> **TRY IT**: Show all lines from the records below in which the string "ghost" is present.

···

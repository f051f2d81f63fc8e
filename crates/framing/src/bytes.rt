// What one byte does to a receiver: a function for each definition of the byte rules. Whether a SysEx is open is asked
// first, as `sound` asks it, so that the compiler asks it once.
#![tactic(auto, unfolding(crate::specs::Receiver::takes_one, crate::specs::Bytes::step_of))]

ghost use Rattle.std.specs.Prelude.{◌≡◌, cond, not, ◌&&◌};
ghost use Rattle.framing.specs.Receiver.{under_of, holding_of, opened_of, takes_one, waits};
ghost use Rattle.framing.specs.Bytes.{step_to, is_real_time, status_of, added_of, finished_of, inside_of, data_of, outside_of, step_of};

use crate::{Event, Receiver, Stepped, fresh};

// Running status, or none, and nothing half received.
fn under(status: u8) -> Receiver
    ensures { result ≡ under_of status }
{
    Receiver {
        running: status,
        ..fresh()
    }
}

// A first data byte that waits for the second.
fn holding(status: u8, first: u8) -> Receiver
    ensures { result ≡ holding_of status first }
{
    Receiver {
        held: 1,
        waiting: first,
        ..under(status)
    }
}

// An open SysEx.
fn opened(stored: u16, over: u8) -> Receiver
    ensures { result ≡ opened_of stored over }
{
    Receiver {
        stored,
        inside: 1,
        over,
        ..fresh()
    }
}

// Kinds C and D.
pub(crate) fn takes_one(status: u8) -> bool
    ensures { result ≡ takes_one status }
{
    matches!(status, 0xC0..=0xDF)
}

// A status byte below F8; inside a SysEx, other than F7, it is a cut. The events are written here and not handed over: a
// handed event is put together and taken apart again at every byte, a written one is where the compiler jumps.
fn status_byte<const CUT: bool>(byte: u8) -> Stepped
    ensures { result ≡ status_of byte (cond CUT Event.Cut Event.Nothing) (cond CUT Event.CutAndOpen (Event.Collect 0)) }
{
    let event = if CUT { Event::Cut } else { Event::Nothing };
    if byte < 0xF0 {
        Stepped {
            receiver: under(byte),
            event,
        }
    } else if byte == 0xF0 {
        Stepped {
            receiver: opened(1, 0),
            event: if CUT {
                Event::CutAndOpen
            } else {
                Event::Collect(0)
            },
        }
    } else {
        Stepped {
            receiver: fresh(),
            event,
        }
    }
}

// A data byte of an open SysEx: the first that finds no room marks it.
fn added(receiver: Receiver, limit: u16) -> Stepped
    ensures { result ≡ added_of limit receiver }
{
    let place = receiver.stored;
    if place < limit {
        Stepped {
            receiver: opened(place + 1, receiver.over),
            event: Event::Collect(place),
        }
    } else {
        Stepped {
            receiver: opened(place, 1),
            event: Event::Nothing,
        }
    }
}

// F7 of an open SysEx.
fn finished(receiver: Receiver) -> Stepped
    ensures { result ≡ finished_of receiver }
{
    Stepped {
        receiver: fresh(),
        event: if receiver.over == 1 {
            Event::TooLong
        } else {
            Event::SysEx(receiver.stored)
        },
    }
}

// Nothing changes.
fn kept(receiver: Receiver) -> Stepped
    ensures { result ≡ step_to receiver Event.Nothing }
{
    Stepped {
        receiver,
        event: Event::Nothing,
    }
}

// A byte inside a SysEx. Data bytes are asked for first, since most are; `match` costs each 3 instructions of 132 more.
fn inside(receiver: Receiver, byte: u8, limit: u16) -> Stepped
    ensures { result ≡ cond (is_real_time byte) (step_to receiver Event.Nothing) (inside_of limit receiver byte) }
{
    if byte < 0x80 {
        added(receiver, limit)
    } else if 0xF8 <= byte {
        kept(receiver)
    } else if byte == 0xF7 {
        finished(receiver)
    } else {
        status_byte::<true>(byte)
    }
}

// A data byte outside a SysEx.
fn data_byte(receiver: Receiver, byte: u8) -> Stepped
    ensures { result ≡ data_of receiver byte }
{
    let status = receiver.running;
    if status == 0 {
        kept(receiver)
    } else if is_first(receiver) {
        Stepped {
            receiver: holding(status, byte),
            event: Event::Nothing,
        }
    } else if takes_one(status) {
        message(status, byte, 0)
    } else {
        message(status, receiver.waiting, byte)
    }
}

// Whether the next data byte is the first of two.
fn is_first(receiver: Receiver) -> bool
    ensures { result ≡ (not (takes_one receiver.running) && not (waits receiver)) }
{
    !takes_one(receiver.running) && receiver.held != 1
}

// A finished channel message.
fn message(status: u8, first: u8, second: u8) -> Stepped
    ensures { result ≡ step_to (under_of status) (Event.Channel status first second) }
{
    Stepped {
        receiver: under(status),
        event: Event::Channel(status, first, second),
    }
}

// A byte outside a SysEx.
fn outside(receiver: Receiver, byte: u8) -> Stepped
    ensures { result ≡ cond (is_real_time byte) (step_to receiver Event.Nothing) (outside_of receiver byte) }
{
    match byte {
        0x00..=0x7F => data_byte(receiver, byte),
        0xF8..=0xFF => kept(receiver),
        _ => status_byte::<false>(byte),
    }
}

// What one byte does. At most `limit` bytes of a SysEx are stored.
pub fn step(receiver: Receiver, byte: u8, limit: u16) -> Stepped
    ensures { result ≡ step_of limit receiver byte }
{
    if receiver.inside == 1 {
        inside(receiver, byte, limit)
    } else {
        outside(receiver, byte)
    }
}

···

> **EXERCISE OUTPUT**:
ghost use Rattle.std.specs.Prelude.{◌≡◌, cond, not, ◌&&◌};
ghost use Rattle.framing.specs.Receiver.{under_of, holding_of, opened_of, takes_one, waits};
ghost use Rattle.framing.specs.Bytes.{step_to, is_real_time, status_of, added_of, finished_of, inside_of, data_of, outside_of, step_of};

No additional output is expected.